声を発したのは昏睡状態だったかのん、ではなく、なんと窓に映った彼女の影であった。  
ホラー映画と見紛う異様な風景である。  
本人はベッドに横たわって目を伏せているのにもかかわらず、  
夜の帳も落ちた窓に映る影だけが半身を起こし、桂馬たちの方向を向いて話しかけているのだ。  
 
むろん、方向的に桂馬たちから見えるのは  
窓に映ったかのんの後姿だけであり、その表情はうかがいしれない。  
「その気配(こえ)はアポロ姉さま! 目覚めたというのは貴女だったのですか!」  
ディアナの反応に鏡像がうなずく。  
「うむ、気配でわかるぞよディアナ。まったく久しぶりで積もる話もあるが、事態は急じゃ。そこな悪魔の娘!」  
「え! 私?」  
「うむ、そちらの賢そうな長髪。お主ぞよ」  
再開のあいさつもそこそこにアポロ(の後姿)は僅かに首を動かしてハクアに話しかけた。  

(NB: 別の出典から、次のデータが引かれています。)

//! Any list of calls on a new job, with the answer to each.
#![tactic(auto)]

ghost use Rattle.std.specs.Prelude.{◌≡◌, ◌<◌, min, map, length, IfOk, slice_index_or, slice_set};
ghost use Rattle.limits.specs.Refusals.{told};
ghost use Rattle.jobs.specs.Calls.{closed, after_close, asked};
ghost use Rattle.jobs.specs.Stands.{stands, places};
ghost use Rattle.logs.specs.Drafted.{named, limit_of};
ghost use Rattle.logs.specs.Logs.{after, Finds, lent, SolvedRight, Right, Replayed};

use grades::{Grade, Mass, MassPrice, Wait};
use jobs::Job;
use limits::drafts::{Side, Term, draft_of};
use limits::{Choice, Refusal};
use memories::Memory;
use rows::{Row, RowTables, Rows};
use solving::Answer;
use tables::Place;

/// The weights of a solve: by one of the three kinds, or by a further one whose weights are `W`.
// The kinds are told apart here, since one log mixes them and their weights are of different types.
#[derive(Clone, Copy, PartialEq, Eq, Debug, Drop)]
pub enum Weights<'a, W> {
    Mass(&'a [i32]),
    Wait(&'a [u32]),
    MassPrice(&'a [(i32, u32)]),
    Own(&'a [W]),
}

/// A call of a job. A close opens a draft, gives it the terms, of which refused ones leave it as it was, and closes it.
#[derive(Clone, Copy, Drop)]
pub enum Call<'a, W> {
    Begin(u8),
    Close(&'a [Term], Side),
    TakeBack,
    Solve(Weights<'a, W>),
    Check(Choice),
}

/// What a solve finds, by the kind of its weights; none where nothing fits.
// One log mixes the kinds, so each answer says by which it is.
#[derive(Clone, Copy, PartialEq, Eq, Debug)]
pub enum Found<G> {
    Mass(Option<Answer<Mass>>),
    Wait(Option<Answer<Wait>>),
    MassPrice(Option<Answer<MassPrice>>),
    Own(Option<Answer<G>>),
}

/// What a call answers that is not refused: that it is done, what a solve finds, or the first limit that a choice breaks.
#[derive(Clone, Copy, PartialEq, Eq, Debug)]
pub enum Answered<G> {
    Done,
    Solved(Found<G>),
    Checked(Option<usize>),
}

/// The answer to a call.
pub type Reply<G> = Result<Answered<G>, Refusal>;

/// Why a log is not run.
#[derive(Clone, Copy, PartialEq, Eq, Debug, Drop)]
pub enum ReplayRefusal {
    RepliesTooShort,
}

/// Lent rows for each kind of grade: the three that goals name, and the further one.
#[derive(Drop)]
pub struct LogRows<'a, G> {
    pub tables: RowTables<'a>,
    pub own: &'a mut [Row<G>],
}

// Solves by one kind, in lent rows.
fn solved_by<G: Grade>(
    job: &Job,
    weights: &[G::Weight],
    row_places: &mut [Row<G>],
) -> Result<Option<Answer<G>>, Refusal>
    ensures reply { told result ≡ asked G.kind (stands job.now) (map G.weighs weights.now) (length row_places.old) }
    ensures answer { IfOk result (λ o. Finds G.kind G.means (map G.weighs weights.now) (stands job.now).limits o) }
{
    let mut rows = Rows::new(row_places);
    job.solve(weights, &mut rows)
}

// Solves by the kind of the weights.
fn solved<G: Grade>(job: &Job, weights: &Weights<G::Weight>, rows: &mut LogRows<G>) -> Reply<G>
    ensures right { SolvedRight G.kind G.means G.weighs (lent rows.old) (stands job.now) weights.now result }
    ensures lent { lent rows.new ≡ lent rows.old }
{
    let found = match weights {
        Weights::Mass(masses) => Found::Mass(solved_by(job, masses, rows.tables.mass)?),
        Weights::Wait(waits) => Found::Wait(solved_by(job, waits, rows.tables.wait)?),
        Weights::MassPrice(costs) => Found::MassPrice(solved_by(
            job,
            costs,
            rows.tables.mass_price,
        )?),
        Weights::Own(own) => Found::Own(solved_by(job, own, rows.own)?),
    };
    Ok(Answered::Solved(found))
}

// Closes the limit that terms make, of which refused ones leave the draft as it was.
fn close<M: Memory>(
    job: &mut Job,
    terms: &[Term],
    side: Side,
    memory: &mut M,
) -> Result<(), Refusal>
    ensures reply { told result ≡ closed (places job.old) (stands job.old) (named terms.now) (limit_of terms.now side) }
    ensures stands { stands job.new ≡ after_close (places job.old) (stands job.old) (named terms.now) (limit_of terms.now side) }
    ensures places { places job.new ≡ places job.old }
{
    job.close(draft_of(terms.iter().copied()), side, memory)
}

// Makes one call of the job.
fn perform<M: Memory, G: Grade>(
    job: &mut Job,
    call: &Call<G::Weight>,
    rows: &mut LogRows<G>,
    memory: &mut M,
) -> Reply<G>
    ensures right { Right G.kind G.means G.weighs (places job.old) (lent rows.old) (stands job.old) call.now result }
    ensures stands { stands job.new ≡ after (places job.old) (stands job.old) call.now }
    ensures places { places job.new ≡ places job.old }
    ensures lent { lent rows.new ≡ lent rows.old }
{
    match call {
        Call::Begin(parts) => job.begin(*parts)?,
        Call::Close(terms, side) => close(job, terms, *side, memory)?,
        Call::TakeBack => job.take_back()?,
        Call::Solve(weights) => return solved(job, weights, rows),
        Call::Check(choice) => return Ok(Answered::Checked(job.check(*choice)?)),
    }
    Ok(Answered::Done)
}

// Puts a value into a place. For any type, since the place of a reply, whose size has many cases, is not found within the search's limits.
fn put<T: Copy>(xs: &mut [T], i: usize, x: T)
    requires { i < length xs.old }
    ensures { xs.new ≡ slice_set xs.old i x }
{
    xs[i] = x;
}

/// Makes the calls of a new job over the lent places, one after another, and puts the answer to each into its place among the replies; what
/// is left of the replies stays as it was. Refused if there are more calls than places for replies: then nothing is done.
pub fn replay<M: Memory, G: Grade>(
    node_places: &mut [Place],
    calls: &[Call<G::Weight>],
    rows: &mut LogRows<G>,
    memory: &mut M,
    replies: &mut [Reply<G>],
) -> Result<(), ReplayRefusal>
    ensures { Replayed G.kind G.means G.weighs (min (length node_places.old) 60000) (lent rows.old) calls.now replies.old replies.new result }
{
    if replies.len() < calls.len() {
        return Err(ReplayRefusal::RepliesTooShort);
    }
    let mut job = Job::new(node_places);
    // The number names the place of the reply; the calls and the places for replies are lent apart, and more places may be lent.
    for (i, call) in calls.iter().enumerate() {
        put(replies, i, perform(&mut job, call, rows, memory));
    }
    Ok(())
}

「かのんの体が今夜一晩ならばもつのというのは本当か?」  
「残念だけど、それはあくまでこれ以上血が出たり、怪我が悪化することはないというだけよ。  
 その体は普通で言えばもう死んでる。生きてるのはきっと貴女の加護があるからだと思う。  
 一晩もつというより、あと数時間しかもたないと言った方が正しいかもしれないわ」  
「なるほど、あいわかったぞよ。傷だけならばこれ以上悪くなることはないのじゃな? ならばよし」  
暗く沈んだハクアの声に女神は動じる気配を見せず、再び首を動かし、桂馬を見据えた。  
「さて、桂木桂馬よ」  
 
「なんだ?」  
唐突に名を呼ばれた少年は片眉を動かし窓に映った鏡像を見据える。正直に言えば自分に話が振られるとは思っていなかった。  
 
大声で叫びたかった。かのんは助かるのかと。  
問い詰めたかった。どうすればいいのかと。  
行動したかった。それが無駄だとしても。  
 
いずれもしなかった。思慮深く、感情よりも理論を重んずる少年にとって  
・・・・・・・・・・  
自分の無力をごまかすために無意味な行動をすることだけは決して許容できることではなかったからだ。  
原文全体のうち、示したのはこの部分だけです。